# Questions on head unit output wattage



## Andro (Nov 13, 2002)

I'm using a small amp to drive my front speakers. The rear speakers are connected directly to the head unit. (My setup actually sounds better that way.) I'm just worried because I blew my rear separates before when all four of my speakers were living off the head unit's power (without the small amp). It seems my system was underpowered and that's why I bought a small amp to take at least half of the load from the head unit. My Pioneer head unit says it has 40 x 4 watts of power. That means I get 40 watts going to each of my 4 speakers, right?
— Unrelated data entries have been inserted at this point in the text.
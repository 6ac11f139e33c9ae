ghost use Rattle.pkix.specs.Records.{certificate_content, certificate_fault};
ghost use Rattle.pkix.specs.declared.certificate.Certificate.{Certificate};
ghost use Rattle.sec1_der.specs.Elements.{element_of};
ghost use Rattle.sec1_der.specs.Faults.{HasFault, element_fault, end_fault};
ghost use Rattle.std.specs.Prelude.{◌≡◌, Ok, Some};

use pkix::{Certificate, Name};
use sec1_der::Result;

/// Returns the name of a certificate's issuer (RFC 5280 section 4.1.2.4).
///
/// # Errors
///
/// Those of [`Certificate::from_der`].
pub fn issuer(bytes: &[u8]) -> Result<Name<'_>>
    ensures only { (certificate : Certificate)
        → element_of 0x30 (certificate_content certificate) ≡ Some bytes.now
        → result ≡ Ok certificate.tbs_certificate.issuer }
    ensures kind { HasFault result (element_fault 0x30 certificate_fault end_fault bytes.now) }
{
    let certificate = Certificate::from_der(bytes)?;
    Ok(certificate.tbs_certificate.issuer)
}
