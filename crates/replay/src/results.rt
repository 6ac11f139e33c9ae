//! What single calls give: of readers, documents, slices, points and their texts.
ghost use Rattle.std.specs.Prelude.{◌<◌, ◌^◌};
ghost use Rattle.sec1.specs.Points.{Fits};

use crate::keys::pattern;
use crate::streams::{der_end, error_name, kind_name};
use crate::words::{joined, number, word};
use sec1::der::{self, Length, OctetStringRef, SecretDocument, SliceReader, StdReader, check_tree};
use sec1::{EcPrivateKey, EncodedPoint};
use serde_json::Value;
use std::alloc::{AllocError, Global};
use std::fmt::Display;
use std::str::FromStr;

/// Returns the digits of the bytes.
fn digits(alloc: Global, bytes: &[u8]) -> Result<String, AllocError> {
    hex::encode(alloc, bytes)
}

/// Returns the line for a key that is written into a slice of bytes AA. `rest` has the length of
/// the private key and that of the slice.
pub fn encode(alloc: Global, rest: &[u8]) -> Result<String, AllocError> {
    let (private_len, room) = word(rest);
    let private_key = pattern(alloc, number(private_len))?;
    let key = EcPrivateKey {
        private_key: &private_key,
        parameters: None,
        public_key: None,
    };
    let mut buffer = pattern(alloc, number(room))?;
    buffer.fill(0xAA);
    let wrote = match key.encode_to_slice(&mut buffer) {
        Ok(count) => count.to_string(alloc),
        Err(error) => error_name(alloc, &error),
    };
    let is_read = EcPrivateKey::try_from(buffer.as_slice()).is_ok();
    let read = format!(in alloc; "read {is_read}");
    let bytes = digits(alloc, &buffer);
    joined(alloc, " ", ["encode".to_string(alloc), wrote, bytes, read])
}

/// Returns the length of the document, or the name of the kind of the error.
fn length(alloc: Global, made: der::Result<SecretDocument>) -> Result<String, AllocError> {
    match made {
        Ok(document) => document.len().to_string(alloc),
        Err(error) => kind_name(alloc, &error),
    }
}

/// Returns the line for a document of these bytes: from memory, as a tree, and over a stream.
pub fn document(alloc: Global, rest: &[u8]) -> Result<String, AllocError> {
    let Ok(bytes) = hex::decode(alloc, rest) else {
        return "not hexadecimal".to_string(alloc);
    };
    let tree = match check_tree(&bytes) {
        Ok(count) => count.to_string(alloc),
        Err(error) => kind_name(alloc, &error),
    };
    let mut reader = StdReader::new(bytes.as_slice());
    let streamed = length(alloc, SecretDocument::read_der_from(alloc, &mut reader));
    let taken = length(alloc, SecretDocument::from_der(alloc, &bytes));
    joined(
        alloc,
        " ",
        ["document".to_string(alloc), taken, tree, streamed],
    )
}

/// Returns whether the reader has failed, and the tag byte that is next.
fn state(alloc: Global, reader: &SliceReader) -> Result<String, AllocError> {
    let (is_failed, peeked) = (reader.is_failed(), reader.peek_tag_byte());
    format!(in alloc; "{is_failed} {peeked:?}")
}

/// Returns how each call of a reader ends.
fn ends(alloc: Global, reader: &mut SliceReader, one: Length) -> Result<String, AllocError> {
    let string = der_end(alloc, reader.decode::<OctetStringRef>());
    let field = der_end(alloc, reader.context_specific::<OctetStringRef>(0));
    let slice = der_end(alloc, reader.read_slice(one));
    let nested = der_end(alloc, reader.read_nested(one));
    let finished = der_end(alloc, reader.finish());
    joined(alloc, " ", [string, field, slice, nested, finished])
}

/// Returns the line for a reader over these bytes that reads an octet string, and of which each
/// other call is made then.
pub fn failed(alloc: Global, rest: &[u8]) -> Result<String, AllocError> {
    let Ok(bytes) = hex::decode(alloc, rest) else {
        return "not hexadecimal".to_string(alloc);
    };
    let Ok(one) = Length::new(1) else {
        return "no length".to_string(alloc);
    };
    let mut reader = SliceReader::new(&bytes);
    let first = der_end(alloc, reader.decode::<OctetStringRef>());
    let left = reader.remaining_len();
    let state = state(alloc, &reader);
    let ends = ends(alloc, &mut reader, one);
    let same = (reader.remaining_len() == left).to_string(alloc);
    joined(
        alloc,
        " ",
        ["failed".to_string(alloc), first, state, ends, same],
    )
}

/// Returns the digits of a coordinate, or `none`.
fn coordinate<const N: usize>(
    alloc: Global,
    bytes: Option<&[u8; N]>,
) -> Result<String, AllocError> {
    match bytes {
        Some(bytes) => digits(alloc, bytes.as_slice()),
        None => "none".to_string(alloc),
    }
}

/// Returns the parts of the point with these bytes.
fn parts_of<const N: usize, const L: usize>(
    alloc: Global,
    bytes: &[u8],
) -> Result<String, AllocError>
    requires fits { Fits N L }
    requires size { L < 2 ^ 62 }
{
    let point = match EncodedPoint::<N, L>::from_bytes(bytes) {
        Ok(point) => point,
        Err(error) => return error_name(alloc, &error),
    };
    let (tag, len) = (point.tag(), point.len());
    let front = format!(in alloc; "parts {tag:?} {len}");
    let (x, y) = (coordinate(alloc, point.x()), coordinate(alloc, point.y()));
    let compressed = digits(alloc, point.compress().as_bytes());
    let hybrid = digits(alloc, point.to_hybrid().as_bytes());
    joined(alloc, " ", [front, x, y, compressed, hybrid])
}

/// Returns the line for the parts of a point.
pub fn parts(alloc: Global, rest: &[u8]) -> Result<String, AllocError> {
    let (size, point) = word(rest);
    match hex::decode(alloc, point) {
        Ok(bytes) => parts_at(alloc, number(size), &bytes),
        Err(_) => "not hexadecimal".to_string(alloc),
    }
}

/// Returns the parts of the point with these bytes, at field elements of `size` bytes.
fn parts_at(alloc: Global, size: usize, bytes: &[u8]) -> Result<String, AllocError> {
    match size {
        1 => parts_of::<1, 3>(alloc, bytes),
        2 => parts_of::<2, 5>(alloc, bytes),
        5 => parts_of::<5, 11>(alloc, bytes),
        20 => parts_of::<20, 41>(alloc, bytes),
        24 => parts_of::<24, 49>(alloc, bytes),
        28 => parts_of::<28, 57>(alloc, bytes),
        32 => parts_of::<32, 65>(alloc, bytes),
        40 => parts_of::<40, 81>(alloc, bytes),
        48 => parts_of::<48, 97>(alloc, bytes),
        64 => parts_of::<64, 129>(alloc, bytes),
        66 => parts_of::<66, 133>(alloc, bytes),
        _ => "no such size".to_string(alloc),
    }
}

/// Returns the digits of the point, or the name of the error.
fn found<const N: usize, const L: usize>(
    alloc: Global,
    point: sec1::Result<EncodedPoint<N, L>>,
) -> Result<String, AllocError> {
    match point {
        Ok(point) => digits(alloc, point.as_bytes()),
        Err(error) => error_name(alloc, &error),
    }
}

/// Returns the texts by `{}` with options.
fn styled<T: Display>(alloc: Global, value: &T) -> Result<String, AllocError> {
    format!(in alloc;
        "{value:#}|{value:.1}|{value:.3}|{value:>9}|{value:<+09}|{value:>60}|{value:>200}"
    )
}

/// Returns `true` if each text between two `|` of `texts` is this one.
fn are_all(texts: &str, wanted: &str) -> bool {
    for text in texts.split('|') {
        if text != wanted {
            return false;
        }
    }
    true
}

/// Returns the text by `{}`, or `different` if another is printed with options.
fn printed<T: Display>(alloc: Global, value: &T) -> Result<String, AllocError> {
    let plain = value.to_string(alloc)?;
    if are_all(&styled(alloc, value)?, &plain) {
        return Ok(plain);
    }
    "different".to_string(alloc)
}

/// Returns what this text is as a point, and what a string of it in JSON is; then what the point
/// prints.
fn text_of<const N: usize, const L: usize>(alloc: Global, text: &str) -> Result<String, AllocError>
    requires fits { Fits N L }
    requires size { L < 2 ^ 62 }
{
    let read = EncodedPoint::<N, L>::from_str(text);
    let shown = match &read {
        Ok(point) => printed(alloc, point),
        Err(_) => "none".to_string(alloc),
    };
    let json = Value::from(String::from_str(alloc, text)?);
    let from_json = found(alloc, EncodedPoint::<N, L>::from_json(&json));
    joined(
        alloc,
        " ",
        [
            "text".to_string(alloc),
            found(alloc, read),
            from_json,
            shown,
        ],
    )
}

/// Returns the line for a text that is read as a point.
pub fn text(alloc: Global, rest: &[u8]) -> Result<String, AllocError> {
    let (size, text) = word(rest);
    let Ok(text) = str::from_utf8(text) else {
        return "not a text".to_string(alloc);
    };
    match number(size) {
        1 => text_of::<1, 3>(alloc, text),
        32 => text_of::<32, 65>(alloc, text),
        _ => "no such size".to_string(alloc),
    }
}
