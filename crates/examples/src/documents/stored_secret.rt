ghost use Rattle.std.specs.Prelude.{refl};

use sec1::der::{
    Context0, Distinct, Explicit, ObjectIdentifier, Octets, Optional, Record, Required,
    SmallInteger,
};

/// A secret, which is borrowed, and the identifier of what it is for.
#[derive(Drop)]
pub struct StoredSecret<'a> {
    /// The bytes of the secret.
    pub secret: Octets<'a>,
    /// What the secret is for, if that is said.
    pub purpose: Option<Explicit<Context0, ObjectIdentifier>>,
}

impl<'a> Record for StoredSecret<'a> {
    type Parts = (
        Required<SmallInteger<0>>,
        (
            Required<Octets<'a>>,
            Optional<Explicit<Context0, ObjectIdentifier>>,
        ),
    );

    ghost parts = { λ value. (record {}, (value.secret, value.purpose)) };

    ghost of_parts = { λ pairs. record { secret = pairs.1.0; purpose = pairs.1.1 } };

    fn from_parts((_, (secret, purpose)): Self::Parts) -> Self {
        StoredSecret {
            secret: secret.0,
            purpose: purpose.0,
        }
    }

    fn to_parts(&self) -> Self::Parts {
        let bytes = self.secret.bytes;
        let purpose = match &self.purpose {
            Some(field) => Some(Explicit::new(field.value)),
            None => None,
        };
        (
            Required(SmallInteger),
            (Required(Octets { bytes }), Optional(purpose)),
        )
    }

    ghost same = { λ _. refl };
}

impl Distinct for StoredSecret<'_> {
    ghost distinct = { refl };
}
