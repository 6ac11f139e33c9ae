ghost use Rattle.sec1.specs.Keys.{IsKeyOf, Key};
ghost use Rattle.sec1.specs.Points.{IsPoint, Point, compressed_point, encoding};
ghost use Rattle.std.specs.Box.{boxed_slice_items};
ghost use Rattle.std.specs.Prelude.{◌≡◌, MatchResult, Some};

use sec1::point::EncodedPoint32;
use sec1::{EcPrivateKey, Error, Result};
use std::alloc::Global;
use std::boxed::BoxedSlice;

/// Returns the public key of a key on a field of 256 bits, in its compressed form.
pub fn compressed_public_key(alloc: Global, bytes: &[u8]) -> Result<BoxedSlice<u8>>
    ensures { (key : Key) (p : Point) → IsKeyOf key bytes.now → IsPoint 32 p
        → key.public_key ≡ Some (encoding 32 p)
        → MatchResult result (λ point. boxed_slice_items point ≡ encoding 32 (compressed_point p))
        (λ e. e ≡ Error.Memory) }
{
    let key = EcPrivateKey::try_from(bytes)?;
    let Some(public_key) = key.public_key else {
        return Err(Error::Crypto);
    };
    let point = EncodedPoint32::from_bytes(public_key)?;
    point.compress().to_bytes(alloc)
}
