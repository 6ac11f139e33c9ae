//! What is printed of keys, documents and points by `{:?}` and `{:#?}`.
ghost use Rattle.std.specs.Prelude.{◌<◌, ◌^◌};
ghost use Rattle.sec1.specs.Points.{Fits};

use crate::keys::Described;
use crate::words::{joined, number, word};
use sec1::der::SecretDocument;
use sec1::{EcPrivateKey, EncodedPoint};
use std::alloc::{AllocError, Global};

/// Returns the texts of a key and of its document.
fn texts(
    alloc: Global,
    key: &EcPrivateKey,
    document: &SecretDocument,
) -> Result<String, AllocError> {
    format!(in alloc; "{key:?}\n{key:#?}\n{document:?}\n{document:#?}")
}

/// Returns the line for the texts of a key and of its document, in hexadecimal.
pub fn key(alloc: Global, rest: &[u8]) -> Result<String, AllocError> {
    let described = Described::read(alloc, rest)?;
    let key = described.key();
    let Ok(document) = key.document_ref(alloc) else {
        return "not written".to_string(alloc);
    };
    hex::encode(alloc, texts(alloc, &key, &document)?.as_bytes())
}

/// Returns the texts of the key by `{:?}` with a width, a precision and other options.
fn styled(alloc: Global, key: &EcPrivateKey) -> Result<String, AllocError> {
    let widths = format!(in alloc; "{key:1?}|{key:>9?}|{key:<90?}|{key:*^7?}|{key:09?}");
    let others = format!(in alloc; "{key:.1?}|{key:+?}|{key:#1?}|{key:#.1?}|{key:+#09.1?}");
    joined(alloc, "|", [widths, others])
}

/// Returns the line for the texts of a key by options: whether they are those of a key that has no
/// private bytes, and is the same otherwise.
pub fn hidden(alloc: Global, rest: &[u8]) -> Result<String, AllocError> {
    let described = Described::read(alloc, rest)?;
    let key = described.key();
    let other = EcPrivateKey {
        private_key: b"",
        parameters: key.parameters,
        public_key: key.public_key,
    };
    let is_same = styled(alloc, &key)? == styled(alloc, &other)?;
    format!(in alloc; "hidden {is_same}")
}

/// Returns the texts of the point with these bytes.
fn texts_of<const N: usize, const L: usize>(
    alloc: Global,
    bytes: &[u8],
) -> Result<String, AllocError>
    requires fits { Fits N L }
    requires size { L < 2 ^ 62 }
{
    match EncodedPoint::<N, L>::from_bytes(bytes) {
        Ok(point) => format!(in alloc; "{point:?}"),
        Err(_) => "no point".to_string(alloc),
    }
}

/// Returns the line for the text of a point.
pub fn point(alloc: Global, rest: &[u8]) -> Result<String, AllocError> {
    let (size, digits) = word(rest);
    match hex::decode(alloc, digits) {
        Ok(bytes) => texts_at(alloc, number(size), &bytes),
        Err(_) => "not hexadecimal".to_string(alloc),
    }
}

/// Returns the texts of the point with these bytes, at field elements of `size` bytes.
fn texts_at(alloc: Global, size: usize, bytes: &[u8]) -> Result<String, AllocError> {
    match size {
        5 => texts_of::<5, 11>(alloc, bytes),
        20 => texts_of::<20, 41>(alloc, bytes),
        24 => texts_of::<24, 49>(alloc, bytes),
        28 => texts_of::<28, 57>(alloc, bytes),
        32 => texts_of::<32, 65>(alloc, bytes),
        40 => texts_of::<40, 81>(alloc, bytes),
        48 => texts_of::<48, 97>(alloc, bytes),
        64 => texts_of::<64, 129>(alloc, bytes),
        66 => texts_of::<66, 133>(alloc, bytes),
        _ => "no such size".to_string(alloc),
    }
}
If I connect only two speakers to the head unit, how much power will go to each of the two speakers? Will it be 80 x 2?


----------



## samo (Apr 30, 2002)

First of all, never, ever believe the power output listed on any piece of audio equipment. They always list peak power, not RMS, and peak is a basically meaningless number. It will be a cold day in hell before your deck puts out anywhere near its peak power. A more accurate figure is RMS power. RMS is generally about half of what peak power is listed at. Your deck probably puts out about 18-22W RMS per channel. This is the kind of power your speakers are seeing. You will get about 20W to each speaker. If you only use two channels, you will still only get ~20W per channel.


----------



## scrappy (Jun 30, 2002)

that true only about halfo of the peak power I have a 50X4 and I only get 23 rms


----------



## SentraStyleEMW (Aug 15, 2002)

scrappy said:


> *that true only about halfo of the peak power I have a 50X4 and I only get 23 rms *


And lets not forget the THD (Total Harmonic Distortion) level of that 23 watts rms...most heads are usually around 1% or so...regaurdless of what the specs say. That's a night and day difference between most amps' .08% THD.


----------



## Andro (Nov 13, 2002)

So why does the illumination on my head unit become dim whenever I play my stereo loud? It, like, blinks whenever the bass hits.


----------



## McLaren F1 2003 (Jan 2, 2003)

if i am not mistaken, thats because your system is pullin more power than the alternator can supply at that moment...so the system starts pulling power from the battery


----------



## Project200sx (Aug 22, 2002)

If you upgrade your battery you should no longer have this problem, go for a drycell, redtop or yellowtop. expensive but it will fix your problem. also your speakers may have blown before because of this, it created a lack of power which can blow a speaker.


----------



## ImportCarTuner (Jun 9, 2002)

Project200sx said:


> *If you upgrade your battery you should no longer have this problem, go for a drycell, redtop or yellowtop.*


 Along with a new battery, you probably should get a capacitor...


----------



## Binger (Aug 29, 2002)

*headunit and stuff*

Also keep in mind that the signal from your headunits amp will start to clip way before your amp thats runing the front speakers, so you very well could wind up damaging those speakers again if you turn it up to loud. Also the amp in the headunit is a 4 channel so just hooking up the rear speakers does not increase the power to them. If you try to mono a headunit you will lower the impedence way to much and probably destroy everything.


----------